MALAGA has enjoyed one of the strongest recoveries from the 2008 property crash.
Last year, the province registered 30,300 sales, a 14.6% increase on the year before.
It means it had the second highest number of sales per inhabitant in the whole of Spain.
Foreigners acquired almost 30% of these homes, a percentage that also places Malaga among the most attractive provinces for the foreign buyer after Alicante, Tenerife (where foreign buyers accounted for more than 40% of sales) and Girona (30.8%).
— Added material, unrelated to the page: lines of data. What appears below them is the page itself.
//! The report at the end of a traced run. No memory is allocated for it.

ghost use Rattle.std.specs.Prelude.{◌≤◌, ◌++◌, codes, length};
ghost use Rattle.m11_base.specs.Octal.{octal_text};
ghost use Rattle.m11_cpu.specs.Messages.{PutsMessages, end_text};
ghost use Rattle.m11_cpu_machine.specs.Machine.{psw_in};
ghost use Rattle.m11_trace.specs.Messages.{ending_text};

use crate::ending::Ending;
use crate::line::put_text;
use crate::stops::Stops;
use m11_base::{Sink, octal6};
use m11_cpu::{Machine, SimFault, put_end};

// Writes the two lines of an ending with this keyword.
fn put_named<M: Sink>(
    messages: &mut M,
    name: &[u8],
    steps: u32,
    machine: &Machine,
) -> Result<(), SimFault>
    requires { length name.now ≤ 12 }
    ensures { PutsMessages (M.text messages.old) (M.text messages.new) (M.faults messages.old) (M.faults messages.new)
        (end_text name.now steps machine.now.registers (psw_in machine.now)) result }
{
    put_end(messages, name, steps, machine.registers(), machine.psw())
}

// Writes the two lines of an ending by a change of the watched word with this address, which they name.
fn put_change<M: Sink>(
    messages: &mut M,
    address: u16,
    steps: u32,
    machine: &Machine,
) -> Result<(), SimFault>
    ensures { PutsMessages (M.text messages.old) (M.text messages.new) (M.faults messages.old) (M.faults messages.new)
        (end_text (codes "CHANGED " ++ octal_text address) steps machine.now.registers (psw_in machine.now)) result }
{
    put_text(messages, b"CHANGED ")?;
    put_named(messages, &octal6(address), steps, machine)
}

/// Writes the two lines of an ending: its keyword, with the address of the changed word if several are watched, and `steps`; and the
/// registers and the processor status word. Error: `Write`, if the sink failed after part of them.
pub(crate) fn put_ending<M: Sink>(
    messages: &mut M,
    stops: &Stops,
    ending: Ending,
    steps: u32,
    machine: &Machine,
) -> Result<(), SimFault>
    ensures { PutsMessages (M.text messages.old) (M.text messages.new) (M.faults messages.old) (M.faults messages.new)
        (ending_text stops.now ending steps machine.now) result }
{
    match ending {
        Ending::Stopped(stop) => put_named(messages, stop.name().as_bytes(), steps, machine),
        Ending::Reached => put_named(messages, b"REACHED", steps, machine),
        Ending::Changed(address) => {
            if stops.watched.len() > 1 {
                put_change(messages, address, steps, machine)
            } else {
                put_named(messages, b"CHANGED", steps, machine)
            }
        }
    }
}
In absolute figures, Malaga was had the fourth highest number of sales with 26,436, behind Madrid (69,966), Barcelona (53,773) and Alicante (34,631) and ahead of Valencia (26,437), Baleares (15,799) , Sevilla (14,663), Murcia (13,386), Las Palmas (11,682) and Tenerife (11,604).
In the whole of Spain, a total of 464,223 purchases were registered last year, with a rise of 14.9% over 2016. Transaction data, both nationally and in the case of Malaga, are the highest since 2008.
Second-hand housing, which includes those owned by banks, accounted for 81.5% of sales in Malaga (in Spain it was 82.6%), mainly because the supply of new products continues to be scarce.
Meanwhile, the data shows the foreign buyer continues to be a key player in the sector, mainly due to the attractiveness of the Costa del Sol.
In 2017, foreigners bought almost 9,000 homes in Malaga, representing 29.6% of total sales.
The percentage is somewhat lower than in other years (between 2014 and 2016 it moved around 34%) due to the gradual return of the national buyer’s market, but it continues to show the province’s pull for foreigners.
The president of the Association of Builders and Promoters of Malaga (ACP), Emilio López Caparrós, said the market ‘is coming back to a normal activity’, but warned that this reactivation, for now, is only seen strongly in Malaga capital and the Western Costa del Sol.
“The eastern coast is also improving somewhat but the interior is still not there,” he said.